→ GIVEN INFORMATION:
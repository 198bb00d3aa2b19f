//! A device: a terminal at which is typed.

ghost use Rattle.std.specs.Prelude.{◌≡◌, []};
ghost use Rattle.tw_terminal.specs.Uses.{Call};
ghost use Rattle.tw_device.specs.Steps.{Asks, NotesCalls};

use tw_input::InputEvent;
use tw_terminal::{Terminal, TerminalFault};

/// A terminal and a reader in one. What is shown and what is typed are steps of one log, in their order. It has no event
/// of its own: a reading feeds its editor what `next_event` tells.
pub trait Device: Terminal {
    ghost use Rattle.std.specs.Prelude.{List};
    ghost use Rattle.tw_device.specs.Steps.{Seen, Step};

    ghost log: { Self → List Step };

    // What calls and answers did besides, from such a device to such a one: the device's own law.
    ghost law: { Self → Self → Type 0 };

    /// Returns the next event, or `None` if there are no more. A `Resized` sets the size that `get_screen_size` returns.
    /// All that was taken is sent before it waits. If that is refused, so is the call, and nothing is read.
    fn next_event(&mut self) -> Result<Option<InputEvent>, TerminalFault>
        ensures asks { Asks result
            (record { terminal = Self.state self.old; log = log self.old })
            (record { terminal = Self.state self.new; log = log self.new }) }
        ensures law { law self.old self.new };

    // It has no event of its own.
    ghost no_event: { (it : Self) → (Self.state it).events ≡ [] };

    // A call of `Terminal` notes what was taken, refused, sent and flushed, and keeps the law.
    ghost call_notes: { (old new : Self) (call : Call) → Self.follows old new call
        → NotesCalls (record { terminal = Self.state old; log = log old })
        (record { terminal = Self.state new; log = log new }) };

    ghost call_law: { (old new : Self) (call : Call) → Self.follows old new call → law old new };

    // The law holds where nothing was done, and of what was done one after the other.
    ghost law_stays: { (it : Self) → law it it };

    ghost law_joins: { (old between new : Self) → law old between → law between new → law old new };
}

→ WORK TASK: Exactly as they appear above, copy out all the records.

→ OUTPUT FOR THIS EXERCISE:
repository 198bb00d3aa2b19f
//! A device: a terminal at which is typed.

ghost use Rattle.std.specs.Prelude.{◌≡◌, []};
ghost use Rattle.tw_terminal.specs.Uses.{Call};
ghost use Rattle.tw_device.specs.Steps.{Asks, NotesCalls};

use tw_input::InputEvent;
use tw_terminal::{Terminal, TerminalFault};

/// A terminal and a reader in one. What is shown and what is typed are steps of one log, in their order. It has no event
/// of its own: a reading feeds its editor what `next_event` tells.
pub trait Device: Terminal {
    ghost use Rattle.std.specs.Prelude.{List};
    ghost use Rattle.tw_device.specs.Steps.{Seen, Step};

    ghost log: { Self → List Step };

    // What calls and answers did besides, from such a device to such a one: the device's own law.
    ghost law: { Self → Self → Type 0 };

    /// Returns the next event, or `None` if there are no more. A `Resized` sets the size that `get_screen_size` returns.
    /// All that was taken is sent before it waits. If that is refused, so is the call, and nothing is read.
    fn next_event(&mut self) -> Result<Option<InputEvent>, TerminalFault>
        ensures asks { Asks result
            (record { terminal = Self.state self.old; log = log self.old })
            (record { terminal = Self.state self.new; log = log self.new }) }
        ensures law { law self.old self.new };

    // It has no event of its own.
    ghost no_event: { (it : Self) → (Self.state it).events ≡ [] };

    // A call of `Terminal` notes what was taken, refused, sent and flushed, and keeps the law.
    ghost call_notes: { (old new : Self) (call : Call) → Self.follows old new call
        → NotesCalls (record { terminal = Self.state old; log = log old })
        (record { terminal = Self.state new; log = log new }) };

    ghost call_law: { (old new : Self) (call : Call) → Self.follows old new call → law old new };

    // The law holds where nothing was done, and of what was done one after the other.
    ghost law_stays: { (it : Self) → law it it };

    ghost law_joins: { (old between new : Self) → law old between → law between new → law old new };
}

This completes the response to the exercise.